Sensor Configuration
Sensors on UAVs are used for both autonomy and for collecting mission specific data. The most common sensors on UAVs are cameras, inertial measurement units (IMUs), LiDARs, and global navigation satellite systems (GNSS). These sensors must be lightweight because multi-rotor UAVs consume 100 - 200 W/kg.
Cameras and IMUs are great for navigation and obstacle avoidance. However, cameras are easily susceptible to changes in lightness and darkness. Thus obstacle avoidance becomes difficult when lighting is patchy.
LiDAR sensors can be used to reduce this issue, however, current LiDAR technology is expensive, heavy, and still under much research.

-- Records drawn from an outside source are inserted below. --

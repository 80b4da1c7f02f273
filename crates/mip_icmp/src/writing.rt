ghost use Rattle.std.specs.Prelude.{◌≡◌, ◌≤◌, ◌++◌, length, Ok, IfOk, OnOk, IsTrue};
ghost use Rattle.mip_ipv6.specs.Sum.{is_right_sum};
ghost use Rattle.mip_icmp.specs.Said.{said_plain};
ghost use Rattle.mip_icmp.specs.Reading.{icmp_of};
ghost use Rattle.mip_icmp.specs.Spelling.{unsummed, icmp_bytes, IsWritable, IsIcmp};
ghost use Rattle.mip_icmp.specs.SpellingLaws.{Fits};

use crate::advertisement::put_advertisement;
use crate::discovery::{put_discover_ask, put_discover_reply};
use crate::parameter::put_parameter;
use crate::plain::PlainIcmp;
use crate::prefixes::{put_prefix_ask, put_prefix_reply};
use crate::reading::PROTO;
use mip_ipv6::checksum;
use mip_words::{Address, Bytes, Memory};
use std::alloc::Global;

/// Appends the message with a checksum of zero.
fn put_unsummed(out: &mut Bytes, message: &PlainIcmp) -> Result<(), Memory>
    ensures bytes { OnOk result (out.new ≡ out.old ++ unsummed (said_plain message.now)) }
    ensures fits { OnOk result (Fits (said_plain message.now)) }
{
    match message {
        PlainIcmp::Parameter { pointer, quoted } => put_parameter(out, *pointer, quoted.as_slice()),
        PlainIcmp::Advertisement {
            hop,
            agent,
            life,
            options,
        } => { put_advertisement(out, *hop, *agent, *life, *options) }
        PlainIcmp::DiscoverAsk { identifier } => put_discover_ask(out, *identifier),
        PlainIcmp::DiscoverReply { identifier, agents } => {
            put_discover_reply(out, *identifier, agents.as_slice())
        }
        PlainIcmp::PrefixAsk { identifier } => put_prefix_ask(out, *identifier),
        PlainIcmp::PrefixReply {
            identifier,
            options,
        } => put_prefix_reply(out, *identifier, *options),
    }
}

/// The message with a checksum of zero.
#[tactic(auto, using(crate::proofs::Canonical::unsummed_long, crate::proofs::Canonical::unsummed_size))]
fn unsummed_of(alloc: Global, message: &PlainIcmp) -> Result<Bytes, Memory>
    requires { IsWritable (said_plain message.now) }
    ensures bytes { IfOk result (λ b. b ≡ unsummed (said_plain message.now)) }
    ensures long { IfOk result (λ b. 8 ≤ length b) }
    ensures size { IfOk result (λ b. length b ≤ 65535) }
    ensures fits { OnOk result (Fits (said_plain message.now)) }
{
    let mut out = Bytes::new(alloc);
    put_unsummed(&mut out, message)?;
    Ok(out)
}

/// The message with the checksum that holds.
#[tactic(auto, unfolding(crate::specs::Spelling::icmp_bytes))]
fn summed(
    alloc: Global,
    source: Address,
    destination: Address,
    message: &PlainIcmp,
) -> Result<Bytes, Memory>
    requires { IsWritable (said_plain message.now) }
    ensures canonical { IfOk result (λ b. b ≡ icmp_bytes source destination (said_plain message.now)) }
    ensures sum { IfOk result (λ b. IsTrue (is_right_sum source destination 58 b)) }
    ensures fits { OnOk result (Fits (said_plain message.now)) }
{
    let mut bytes = unsummed_of(alloc, message)?;
    let sum = checksum(source, destination, PROTO, bytes.as_slice(), 2);
    bytes.set_u16(2, sum);
    Ok(bytes)
}

/// The canonical spelling of a message between these addresses, as `read_icmp` has them.
pub fn write_icmp(
    alloc: Global,
    source: Address,
    destination: Address,
    message: &PlainIcmp,
) -> Result<Bytes, Memory>
    requires { IsWritable (said_plain message.now) }
    ensures canonical { IfOk result (λ b. b ≡ icmp_bytes source destination (said_plain message.now)) }
    ensures spelled { IfOk result (IsIcmp source destination (said_plain message.now)) }
    ensures back { IfOk result (λ b. icmp_of source destination b ≡ Ok (said_plain message.now)) }
{
    summed(alloc, source, destination, message)
}
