//! Home Agent Address Discovery, types 144 and 145 (RFC 6275 sections 6.5 and 6.6).

ghost use Rattle.std.specs.Prelude.{◌≡◌, ◌≤◌, ◌<◌, ◌^◌, ◌++◌, length, IfOk, OnOk};
ghost use Rattle.mip_words.specs.Steps.{Gives};
ghost use Rattle.mip_icmp.specs.Said.{DiscoverAsk, DiscoverReply, said, HasSpan};
ghost use Rattle.mip_icmp.specs.Reading.{agents_in};
ghost use Rattle.mip_icmp.specs.Spelling.{unsummed};

use crate::fault::IcmpFault;
use crate::message::Icmp;
use mip_words::{Bytes, Memory, u16_at, u16_bytes};

#[tactic(auto, unfolding(crate::specs::Reading::agents_in))]
pub(crate) fn agents_of(body: &[u8]) -> Result<Icmp<'_>, IcmpFault>
    requires { 8 ≤ length body.now }
    ensures exact { Gives said result (agents_in body.now) }
    ensures span { IfOk result (HasSpan body.now) }
{
    let (_, agents) = body.split_at(8);
    if agents.len() % 16 != 0 {
        return Err(IcmpFault::Option { place: 8 });
    }
    Ok(Icmp::DiscoverReply {
        identifier: u16_at(body, 4),
        agents,
    })
}

/// Appends the request with a checksum of zero.
#[tactic(auto, unfolding(crate::specs::Spelling::unsummed))]
pub(crate) fn put_discover_ask(out: &mut Bytes, identifier: u16) -> Result<(), Memory>
    ensures bytes { OnOk result (out.new ≡ out.old ++ unsummed (DiscoverAsk identifier)) }
    ensures fits { identifier < 2 ^ 16 }
{
    out.extend(&[144, 0, 0, 0])?;
    out.extend(&u16_bytes(identifier))?;
    out.extend(&[0; 2])
}

/// Appends the reply with a checksum of zero.
#[tactic(auto, unfolding(crate::specs::Spelling::unsummed))]
pub(crate) fn put_discover_reply(
    out: &mut Bytes,
    identifier: u16,
    agents: &[u8],
) -> Result<(), Memory>
    ensures bytes { OnOk result (out.new ≡ out.old ++ unsummed (DiscoverReply identifier agents.now)) }
    ensures fits { identifier < 2 ^ 16 }
{
    out.extend(&[145, 0, 0, 0])?;
    out.extend(&u16_bytes(identifier))?;
    out.extend(&[0; 2])?;
    out.extend(agents)
}
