use crate::options::IcmpSet;
use mip_words::Bytes;

/// A message of ICMPv6 as it is written. Its fields are those of [`crate::Icmp`].
#[derive(Drop)]
pub enum PlainIcmp {
    Parameter {
        pointer: u32,
        quoted: Bytes,
    },
    Advertisement {
        hop: u8,
        agent: bool,
        life: u16,
        options: IcmpSet,
    },
    DiscoverAsk {
        identifier: u16,
    },
    DiscoverReply {
        identifier: u16,
        agents: Bytes,
    },
    PrefixAsk {
        identifier: u16,
    },
    PrefixReply {
        identifier: u16,
        options: IcmpSet,
    },
}
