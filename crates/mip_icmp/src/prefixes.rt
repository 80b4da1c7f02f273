//! Mobile Prefix Solicitation and Advertisement, types 146 and 147 (RFC 6275 sections 6.7 and 6.8).

ghost use Rattle.std.specs.Prelude.{◌≡◌, ◌≤◌, ◌<◌, ◌^◌, ◌++◌, length, IfOk, OnOk};
ghost use Rattle.mip_words.specs.Steps.{Gives};
ghost use Rattle.mip_icmp.specs.Said.{PrefixAsk, PrefixReply, said, HasSpan};
ghost use Rattle.mip_icmp.specs.Reading.{prefixes_in};
ghost use Rattle.mip_icmp.specs.Spelling.{unsummed};
ghost use Rattle.mip_icmp.specs.SpellingLaws.{FitsSet};

use crate::area::read_area;
use crate::fault::IcmpFault;
use crate::message::Icmp;
use crate::option_writing::put_options;
use crate::options::IcmpSet;
use mip_words::{Bytes, Memory, u16_at, u16_bytes};

#[tactic(auto, unfolding(crate::specs::Reading::prefixes_in))]
pub(crate) fn prefixes_of(body: &[u8]) -> Result<Icmp<'_>, IcmpFault>
    requires { 8 ≤ length body.now }
    ensures exact { Gives said result (prefixes_in body.now) }
    ensures span { IfOk result (HasSpan body.now) }
{
    let options = read_area(body, 8)?;
    Ok(Icmp::PrefixReply {
        identifier: u16_at(body, 4),
        options,
    })
}

/// Appends the solicitation with a checksum of zero.
#[tactic(auto, unfolding(crate::specs::Spelling::unsummed))]
pub(crate) fn put_prefix_ask(out: &mut Bytes, identifier: u16) -> Result<(), Memory>
    ensures bytes { OnOk result (out.new ≡ out.old ++ unsummed (PrefixAsk identifier)) }
    ensures fits { identifier < 2 ^ 16 }
{
    out.extend(&[146, 0, 0, 0])?;
    out.extend(&u16_bytes(identifier))?;
    out.extend(&[0; 2])
}

/// Appends the advertisement with a checksum of zero; the flags M and O are zero too.
#[tactic(auto, unfolding(crate::specs::Spelling::unsummed))]
pub(crate) fn put_prefix_reply(
    out: &mut Bytes,
    identifier: u16,
    options: IcmpSet,
) -> Result<(), Memory>
    ensures bytes { OnOk result (out.new ≡ out.old ++ unsummed (PrefixReply identifier options)) }
    ensures fits { OnOk result ((identifier < 2 ^ 16) × FitsSet options) }
{
    out.extend(&[147, 0, 0, 0])?;
    out.extend(&u16_bytes(identifier))?;
    out.extend(&[0; 2])?;
    put_options(out, options)
}
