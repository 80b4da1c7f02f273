ghost use Rattle.std.specs.Prelude.{◌≡◌, ◌≤◌, length};
ghost use Rattle.mip_icmp.specs.Options.{prefix_at};
ghost use Rattle.mip_icmp.specs.Reading.{preferred_of};

use mip_words::{Address, u32_at};

/// What a Prefix Information option says (RFC 4861 section 4.6.2, RFC 6275 section 7.2).
#[derive(Clone, Copy, Debug, PartialEq, Eq)]
pub struct PrefixInfo {
    /// How many bits of the address are the prefix.
    pub length: u8,
    /// 0x80 on-link, 0x40 autonomous, 0x20 router address.
    pub flags: u8,
    /// How long the prefix is valid, in seconds.
    pub valid: u32,
    /// How long addresses with the prefix are preferred, in seconds.
    pub preferred: u32,
    pub address: Address,
}

impl PrefixInfo {
    /// What the option says that begins these bytes.
    pub(crate) fn at(option: &[u8]) -> PrefixInfo
        requires { 32 ≤ length option.now }
        ensures { result ≡ prefix_at option.now }
    {
        PrefixInfo {
            length: option[2],
            flags: option[3],
            valid: u32_at(option, 4),
            preferred: u32_at(option, 8),
            address: Address::at(option, 16),
        }
    }

    /// Which of two options counts: the first whose prefix has 64 bits, else the first.
    pub(crate) fn preferred_of(earlier: Option<PrefixInfo>, later: PrefixInfo) -> PrefixInfo
        ensures { result ≡ preferred_of earlier later }
    {
        match earlier {
            None => later,
            Some(info) => {
                if info.length == 64 || later.length != 64 {
                    info
                } else {
                    later
                }
            }
        }
    }
}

GNSS technologies (i.e., GPS) allow for geospatial positioning. However, if there are obstacles in the way, the accuracy decreases. There do exists optimizations to improve geospatial coordination and positioning, such as GPS ground stations (DGPS) and real time kinematics (RTK). However, these solutions must be both real time and reliable to resolve accuracy concerns.
Challenges
Detection of small obstacles is difficult with conventional camera systems. Thus a forward facing, solid state LiDAR solution has been proposed to mitigate this. However, the 360 degree view that LiDAR provides is lost because all of the LiDAR beams are focused at the front of the device in order to gain resolution.
Smaller UAVs can be more nimble, however, there is a weight to power and a weight to flight time concern with these devices.
Running deep neural network (DNN) algorithms on board a UAV is critical for low latency, real time data collection, estimation, and understanding. However, current DNN algorithms are computationally expensive to run. It is predicted that more efficient algorithms, as well as the usage of AI accelerators, will help mitigate this problem.
Object Detection and Segmentation
Object detection and segmentation are critical to precise agriculture as plant or fruit specific data can be captured and acted upon.
Image-Based (2-D)
RGB, multi and hyper spectral imaging, thermal, and near-infrared imaging have been used to perform object detection on plants. Previous methods involved using K-Means algorithms and SVMs to solve detection and segmentation problems. Recently, DNN based solutions are becoming more popular and additional sensor data from the ground is also inputted into these algorithms to provide more accurate results.
LiDAR-Based (3-D)
LiDAR based CV solutions are relatively new to the agriculture space. To represent the problem domain, LiDAR captures data in the forms including a voxel grid, point clouds, and multi-view and/or spherical images. It has been found that voxel grid based convolutional neural networks (CNNs) are susceptible to noise, whereas point clouds are not as affected. It is possible to join LiDAR point cloud data and a spherical range image together and pass the union of this data into a CNN to reduce information loss [4].
Challenges
It is difficult to acquire large, high-quality agriculture specific datasets to train models on object detection and segmentation. Furthermore, occlusion (e.g.,, not being able to see the plant or fruit) is still a problem that is trying to be solved.
Robot Localization and Mapping
Mapping refers to the act of creating an understanding of an environment for an autonomous robot to adhere to. Potential solutions require the input of knowledge about the structure of the field.
Semantic Localization and Mapping
Semantic features allows the robot to generate a meaningful map of the environment and assist in pose estimation. The usage of locating and representing trees as points of interests has been studied and found to be useful for identifying local regions.
Challenges
SLAM is able to performing mapping quite well in man made environments. However, new technologies must be developed to assist with the mapping of natural environments. Active mapping (where an autonomous agent maps out its environment in real time) is difficult to do in an agriculture context as fields can be quite large and contain a dense information mapping.